New Omicron variant fills up children's hospitals in the U.S.Healthcare workers put on PPE on the COVID-19 ICU floor of the University of Massachusetts (UMass) Memorial Hospital in Worcester, Massachusetts, U.S., on Monday, Dec. 27, 2021. (Allison Dinner/Bloomberg/Getty Images/CNN)
A five-fold increase in pediatric admissions in New York City this month. Close to double the numbers admitted in Washington, D.C. And nationwide, on average, pediatric hospitalizations in the U.S. are up 35 per cent in just the past week.
The highly transmissible Omicron variant is teaming up with the busy holiday season to infect more children across the United States than ever before, and children's hospitals are bracing for it to get even worse.
"I think we are going to see more numbers now than we have ever seen," Dr. Stanley Spinner, who is chief medical officer and vice president at Texas Children's Pediatrics & Urgent Care in Houston, told CNN.
MORE KIDS IN HOSPITALS
Across the country, pediatricians are bracing for a busy January.
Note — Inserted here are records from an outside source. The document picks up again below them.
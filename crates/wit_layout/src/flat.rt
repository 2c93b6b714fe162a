//! The core words of types and functions.

ghost use Rattle.std.specs.Prelude.{IsTrue, length};
ghost use Rattle.wit_model.specs.TypeOrder.{type_below};
ghost use Rattle.wit_model.specs.WellFormed.{IsWellFormed};
ghost use Rattle.wit_layout.specs.Flat.{IsFlatOf, flatten_type};
ghost use Rattle.wit_layout.specs.Tree.{tree_of};

use crate::flatten::flatten_type;
use crate::words::Words;
use wit_model::{Resolve, WasmType, WitType};

/// The core words of a type, or of the parameters or the result of a function, as far as sixteen of them.
#[derive(Clone, Copy, Debug)]
pub struct Flat {
    /// The words, of which the first `count` are told.
    pub words: [WasmType; 16],
    pub count: u32,
    /// Whether there are more than sixteen words; `count` is 16 then.
    pub more: bool,
}

impl Flat {
    ghost use Rattle.std.specs.Prelude.{take};
    ghost use Rattle.wit_layout.specs.inside.Words.{kept};

    /// The first sixteen of the words.
    pub(crate) fn of_words(all: Words) -> Flat
        ensures { IsFlatOf result (kept all) }
    {
        let mut words = [WasmType::I32; 16];
        let count = all.count.min(16);
        for at in 0..count {
            words[at] = all.words[at];
        }
        Flat {
            words,
            count: count as u32,
            more: all.count > 16,
        }
    }
}

/// The core words of a type of tables that [`Resolve::check`] has passed: the Canonical ABI's `flatten_type`, in which a
/// word also tells whether it is a pointer or a length. It takes no memory. From the type it goes down as far as the
/// first seventeen words need it, however deep that is: a call stands within another only for variants in variants, of
/// which it opens seventeen at most.
///
/// Each case of a variant is flattened anew, as wit-parser's `push_flat` does, unless the case behind it has the same type.
/// So where variants of k cases of several types stand within one another, as many as 1 + k + .. + k^16 of them are opened.
/// A caller with a bound on the nodes of an unfolded type asks for it first: then no more than those nodes are opened.
pub fn flat_types(resolve: &Resolve, ty: &WitType) -> Flat
    requires well { IsWellFormed resolve.now }
    requires below { IsTrue (type_below (length resolve.now.types) ty.now) }
    ensures { IsFlatOf result (flatten_type (tree_of resolve.now.types ty.now)) }
{
    Flat::of_words(flatten_type(resolve.types.as_slice(), *ty, Words::none(17)))
}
"It's almost like you can see the train coming down the track and you're just hoping it doesn't go off the rails," Dr. Claudia Hoyen, director of pediatric infection control at UH Rainbow Babies and Children's Hospital in Cleveland told CNN.
"It's going to be a very interesting couple of weeks. We've just had all of these kids mixing together with everybody else during Christmas. We have one more holiday to get through with New Year's, and then we'll be sending everybody back to school," Hoyen said.
"Everybody is kind of waiting on the edge, wondering what we'll end up seeing."
And while the Delta variant infected more children than previous variants, Omicron is looking even worse, Spinner said.
"What's concerning on the (pediatric) side is that, unlike the adults -- where they're reporting for the number of adults getting infected relatively low numbers getting hospitalized -- what we're really seeing, we think, is an increasing number of kids being hospitalized," Spinner said.
"So that is a concern to us, especially with those that can't be vaccinated under 5 or those that are not fully vaccinated or not vaccinated at all that are eligible over 5. So it is a big concern."